The reason Chicago came in fourth is not one of them. No American city can host an international competition; it's too hard to get into the country, as the Pakistani representative to the Olympic Committee pointed out, and citizens of a number of competing countries would find it almost impossible to get a U.S. visa.
The first puzzling thing is why Obama went to support Chicago's bid. Presidents usually don't. His political opponents criticized him for leaving the country when so much was happening - the health care bill, the wars in Iraq and Afghanistan, the economy. When the bid failed, they were pleased and pointed out Obama was not particularly influential internationally.
The second puzzling thing is why Chicago wanted to host the Games. Recent hosts have spent far more on staging the games than they've earned in tourist revenue.
The third puzzling thing is why someone as politically astute and historically aware as Obama wanted any US city to host the Olympics.. Terrorism has been part of the Olympics for awhile now. In 1968, eleven members of the Israeli wrestling squad were killed in a terrorist attack. In Atlanta, a single terrorist set a bomb and two members of the public were killed. In Sydney, a plot was discovered to bomb a nuclear reactor. The US has homegrown, solitary lunatics, like the Unabomber, who would find the Olympics irresistible.
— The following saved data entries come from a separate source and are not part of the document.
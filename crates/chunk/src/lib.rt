// Lines in a chunk: where one ends, and the beginning of one that goes on in the next chunk.
#![tactic(auto)]

ghost use Rattle.std.specs.Prelude.{◌++◌, ◌≡◌, List, [], ℕ, length, take};
ghost use lib.ListN;
ghost use Rattle.script.specs.First.{line_first};
ghost use Rattle.chunk.specs.Chunk.{held, kept_bytes, line_end};
ghost use Rattle.chunk.specs.HeldBytes.{held_bytes};

use model::answer::Refusal;
use model::machine::FirstLine;
use script::search::find_far_byte;

// A line has at most 256 bytes; one more is kept, so that a longer line is known to be too long.
pub const KEPT_BYTES: usize = script::LONGEST_LINE + 1;

// Where the line that starts at `start` ends: at the next line feed, or at the chunk's end.
pub fn line_end(chunk: &[u8], start: usize) -> usize
    ensures { result ≡ line_end chunk.now start }
{
    find_far_byte(chunk, start, b'\n')
}

// The beginning of a line that goes on in the next chunk: the first `length` bytes of a buffer, since the library takes no memory of the heap.
#[derive(Clone, Copy)]
pub struct HeldLine {
    pub buffer: [u8; KEPT_BYTES],
    pub length: usize,
}

impl HeldLine {
    // No byte of a line.
    pub fn new() -> HeldLine
        ensures { held_bytes result ≡ [] }
    {
        HeldLine {
            buffer: [0; KEPT_BYTES],
            length: 0,
        }
    }

    // The bytes that are held.
    pub fn bytes(&self) -> &[u8]
        ensures { result.now ≡ held_bytes self.now }
    {
        &self.buffer[..self.len()]
    }

    // How many they are.
    pub fn len(&self) -> usize
        ensures { result ≡ length (held_bytes self.now) }
    {
        self.length.min(KEPT_BYTES)
    }

    // Holds more bytes, as far as there is room. What the buffer has beyond them is no part of the line, and nothing is promised of it.
    pub fn append(&mut self, more: &[u8])
        ensures { held_bytes self.new ≡ take kept_bytes (held_bytes self.old ++ more.now) }
    {
        let at = self.length.min(KEPT_BYTES);
        let count = more.len().min(KEPT_BYTES - at);
        self.buffer[at..at + count].copy_from_slice(&more[..count]);
        self.length = at + count;
    }

    // What the bytes say as a first line.
    pub fn parse_first(&self) -> Result<FirstLine, Refusal>
        ensures { result ≡ line_first (held_bytes self.now) }
    {
        script::parse_first(self.bytes())
    }
}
Organized non-American terrorists would be attracted as well.
The fourth puzzling thing is the choice of Rio de Janeiro as the winner. South America has never hosted the games; a good reason to choose a South American country. Rio is used to tourists. They treat tourists very well. Everybody loves Carnival.
In the early nineties, Newspapers were full of reports of the just how far Rio was willing to go to protect the tourist trade. Shopkeepers hired off-duty policemen to shoot the feral children living in gangs in the city, surviving by theft and begging. I worked in London and shared an office with a couple of computer science graduate students from Argentina. I asked them about the newspaper reports. They thought killing children was a perfectly reasonable solution to a difficult problem. What else could you do with them? one asked me.
I can't think of any previous Olympic city that has had quite the disparity between the rich and poor as Rio presents. It combines the worst of the nineteenth century, desperate poverty and a brutal elite, with the worst of the twentieth century, polluted vast urban sprawl. Who knows? Maybe that’s what the twenty-first century will be.
Friday, 9 October 2009
The Olympic Selection: Why???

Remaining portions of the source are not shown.